> _What to work on_
Would you return every entry below without a single difference?

(Saved data entries)
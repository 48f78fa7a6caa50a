//! The calling thread of a run: what it does in a round, between the feed, the chain and the outlet.
ghost use Rattle.std.specs.Prelude.{◌<◌, ◌≤◌, [], length};
ghost use Rattle.hj_msg.specs.declared.feed.Given.{Given as Answer};

use crate::desk::Desk;
use crate::outlet::Outlet;
use crate::step::DeskStep;
use hj_base::{CoreNo, Share, Side};
use hj_msg::{Drained, Feed, Fin};

/// How many messages, reports or events in a row are handled at one place.
const BATCH: u32 = 64;

/// What came of a round.
#[derive(Clone, Copy, Debug, PartialEq, Eq)]
pub enum Round {
    /// Something was taken or put.
    GotOn,
    /// There was nothing to take, and nothing that may be put now.
    Waits,
    /// The run has ended.
    Over(Fin),
}

/// What the calling thread has of a run.
#[derive(Drop)]
pub struct Caller<P: Drop, F, O> {
    pub desk: Desk<P>,
    /// Where the events come from.
    pub feed: F,
    /// What becomes of the reports.
    pub outlet: O,
    /// How many reports are still to come of the rows that were put.
    pub awaited: u64,
}

impl<P: Share + Drop, F: Feed<P>, O: Outlet<P>> Caller<P, F, O> {
    ghost use Rattle.hj_msg.specs.declared.drain.Drained.TheVariants.{Kept};
    ghost use Rattle.hj_desk.specs.Desk.{Stands};
    ghost use Rattle.hj_desk.specs.Caller.{Goes, GoesRound, GoesOnAsking};

    /// Does one round: takes what came out of the chain and what the cores reported, gives what is due, and
    /// puts events. Waits for the feed only if all that was put has left the chain, every report of it was taken, and all
    /// that is due was given.
    pub fn round(&mut self) -> Round
        requires stands { Stands self.old.desk (F.state self.old.feed) }
        requires few { length self.old.desk.reports.items ≤ 64 }
        ensures { GoesRound F.gives F.state O.gave O.rests result self.old self.new }
    {
        let at_left = self.receive_from(Side::Left);
        let at_right = self.receive_from(Side::Right);
        let collected = self.collect_all();
        if self.desk.release(&mut self.outlet) == Drained::Refused {
            return Round::Over(Fin::Refused);
        }
        if let Some(fin) = self.desk.end() {
            return Round::Over(fin);
        }
        let put = self.admit_all();
        if at_left || at_right || collected || put {
            Round::GotOn
        } else {
            Round::Waits
        }
    }

    /// Takes the messages that wait at a port, and returns whether there was one.
    fn receive_from(&mut self, port: Side) -> bool
        ensures { Goes F.gives F.state O.gave self.old [] Kept self.new }
    {
        for taken in 0..BATCH {
            if self.desk.receive(port) != DeskStep::Did {
                return taken > 0;
            }
        }
        true
    }

    /// Takes the reports of all cores that wait in their queues, and returns whether there was one.
    fn collect_all(&mut self) -> bool
        requires stands { Stands self.old.desk (F.state self.old.feed) }
        requires few { length self.old.desk.reports.items ≤ 64 }
        ensures { Goes F.gives F.state O.gave self.old [] Kept self.new }
    {
        let mut collected = false;
        for place in 0..self.desk.cores() {
            if self.collect_from(CoreNo(place)) {
                collected = true;
            }
        }
        collected
    }

    /// Takes the reports of a core that wait in its queue, and returns whether there was one.
    fn collect_from(&mut self, core: CoreNo) -> bool
        requires stands { Stands self.old.desk (F.state self.old.feed) }
        requires in_range { core.0 < length self.old.desk.reports.items }
        ensures { Goes F.gives F.state O.gave self.old [] Kept self.new }
    {
        for taken in 0..BATCH {
            if self.desk.collect(core, &mut self.outlet) != DeskStep::Did {
                return taken > 0;
            }
            self.awaited = self.awaited.saturating_sub(1);
        }
        true
    }

    /// Puts events one after another, as long as that may be done, and returns whether it put one.
    fn admit_all(&mut self) -> bool
        requires { Stands self.old.desk (F.state self.old.feed) }
        ensures { GoesOnAsking F.gives F.state O.gave self.old self.new }
    {
        for put in 0..BATCH {
            if !self.admit_next() {
                return put > 0;
            }
        }
        true
    }

    /// Puts the next event, or the closes if none is to come, and returns whether it did.
    #[inline(always)]
    fn admit_next(&mut self) -> bool
        requires { Stands self.old.desk (F.state self.old.feed) }
        ensures { GoesOnAsking F.gives F.state O.gave self.old self.new }
    {
        if !self.knows_next() {
            return false;
        }
        let reports = self.desk.reports_of_next();
        if self.desk.admit() != DeskStep::Did {
            return false;
        }
        self.awaited = self.awaited.saturating_add(reports);
        true
    }

    /// Returns whether it is known what is to be put next. Asks the feed for it if that needn't wait or nothing else is
    /// to be done.
    #[inline(always)]
    fn knows_next(&mut self) -> bool
        ensures { GoesOnAsking F.gives F.state O.gave self.old self.new }
    {
        if !self.desk.is_unasked() {
            return true;
        }
        if !self.feed.is_ready() && !self.is_quiet() {
            return false;
        }
        self.desk.ask(&mut self.feed);
        true
    }

    /// Returns whether all that was put has left the chain, and every report of it was taken.
    #[inline(always)]
    fn is_quiet(&self) -> bool {
        self.awaited == 0 && self.desk.outstanding() == 0
    }
}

> _Output for this task_
repository 48f78fa7a6caa50a
//! The calling thread of a run: what it does in a round, between the feed, the chain and the outlet.
ghost use Rattle.std.specs.Prelude.{◌<◌, ◌≤◌, [], length};
ghost use Rattle.hj_msg.specs.declared.feed.Given.{Given as Answer};

use crate::desk::Desk;
use crate::outlet::Outlet;
use crate::step::DeskStep;
use hj_base::{CoreNo, Share, Side};
use hj_msg::{Drained, Feed, Fin};

/// How many messages, reports or events in a row are handled at one place.
const BATCH: u32 = 64;

/// What came of a round.
#[derive(Clone, Copy, Debug, PartialEq, Eq)]
pub enum Round {
    /// Something was taken or put.
    GotOn,
    /// There was nothing to take, and nothing that may be put now.
    Waits,
    /// The run has ended.
    Over(Fin),
}

/// What the calling thread has of a run.
#[derive(Drop)]
pub struct Caller<P: Drop, F, O> {
    pub desk: Desk<P>,
    /// Where the events come from.
    pub feed: F,
    /// What becomes of the reports.
    pub outlet: O,
    /// How many reports are still to come of the rows that were put.
    pub awaited: u64,
}

impl<P: Share + Drop, F: Feed<P>, O: Outlet<P>> Caller<P, F, O> {
    ghost use Rattle.hj_msg.specs.declared.drain.Drained.TheVariants.{Kept};
    ghost use Rattle.hj_desk.specs.Desk.{Stands};
    ghost use Rattle.hj_desk.specs.Caller.{Goes, GoesRound, GoesOnAsking};

    /// Does one round: takes what came out of the chain and what the cores reported, gives what is due, and
    /// puts events. Waits for the feed only if all that was put has left the chain, every report of it was taken, and all
    /// that is due was given.
    pub fn round(&mut self) -> Round
        requires stands { Stands self.old.desk (F.state self.old.feed) }
        requires few { length self.old.desk.reports.items ≤ 64 }
        ensures { GoesRound F.gives F.state O.gave O.rests result self.old self.new }
    {
        let at_left = self.receive_from(Side::Left);
        let at_right = self.receive_from(Side::Right);
        let collected = self.collect_all();
        if self.desk.release(&mut self.outlet) == Drained::Refused {
            return Round::Over(Fin::Refused);
        }
        if let Some(fin) = self.desk.end() {
            return Round::Over(fin);
        }
        let put = self.admit_all();
        if at_left || at_right || collected || put {
            Round::GotOn
        } else {
            Round::Waits
        }
    }

    /// Takes the messages that wait at a port, and returns whether there was one.
    fn receive_from(&mut self, port: Side) -> bool
        ensures { Goes F.gives F.state O.gave self.old [] Kept self.new }
    {
        for taken in 0..BATCH {
            if self.desk.receive(port) != DeskStep::Did {
                return taken > 0;
            }
        }
        true
    }

    /// Takes the reports of all cores that wait in their queues, and returns whether there was one.
    fn collect_all(&mut self) -> bool
        requires stands { Stands self.old.desk (F.state self.old.feed) }
        requires few { length self.old.desk.reports.items ≤ 64 }
        ensures { Goes F.gives F.state O.gave self.old [] Kept self.new }
    {
        let mut collected = false;
        for place in 0..self.desk.cores() {
            if self.collect_from(CoreNo(place)) {
                collected = true;
            }
        }
        collected
    }

    /// Takes the reports of a core that wait in its queue, and returns whether there was one.
    fn collect_from(&mut self, core: CoreNo) -> bool
        requires stands { Stands self.old.desk (F.state self.old.feed) }
        requires in_range { core.0 < length self.old.desk.reports.items }
        ensures { Goes F.gives F.state O.gave self.old [] Kept self.new }
    {
        for taken in 0..BATCH {
            if self.desk.collect(core, &mut self.outlet) != DeskStep::Did {
                return taken > 0;
            }
            self.awaited = self.awaited.saturating_sub(1);
        }
        true
    }

    /// Puts events one after another, as long as that may be done, and returns whether it put one.
    fn admit_all(&mut self) -> bool
        requires { Stands self.old.desk (F.state self.old.feed) }
        ensures { GoesOnAsking F.gives F.state O.gave self.old self.new }
    {
        for put in 0..BATCH {
            if !self.admit_next() {
                return put > 0;
            }
        }
        true
    }

    /// Puts the next event, or the closes if none is to come, and returns whether it did.
    #[inline(always)]
    fn admit_next(&mut self) -> bool
        requires { Stands self.old.desk (F.state self.old.feed) }
        ensures { GoesOnAsking F.gives F.state O.gave self.old self.new }
    {
        if !self.knows_next() {
            return false;
        }
        let reports = self.desk.reports_of_next();
        if self.desk.admit() != DeskStep::Did {
            return false;
        }
        self.awaited = self.awaited.saturating_add(reports);
        true
    }

    /// Returns whether it is known what is to be put next. Asks the feed for it if that needn't wait or nothing else is
    /// to be done.
    #[inline(always)]
    fn knows_next(&mut self) -> bool
        ensures { GoesOnAsking F.gives F.state O.gave self.old self.new }
    {
        if !self.desk.is_unasked() {
            return true;
        }
        if !self.feed.is_ready() && !self.is_quiet() {
            return false;
        }
        self.desk.ask(&mut self.feed);
        true
    }

    /// Returns whether all that was put has left the chain, and every report of it was taken.
    #[inline(always)]
    fn is_quiet(&self) -> bool {
        self.awaited == 0 && self.desk.outstanding() == 0
    }
}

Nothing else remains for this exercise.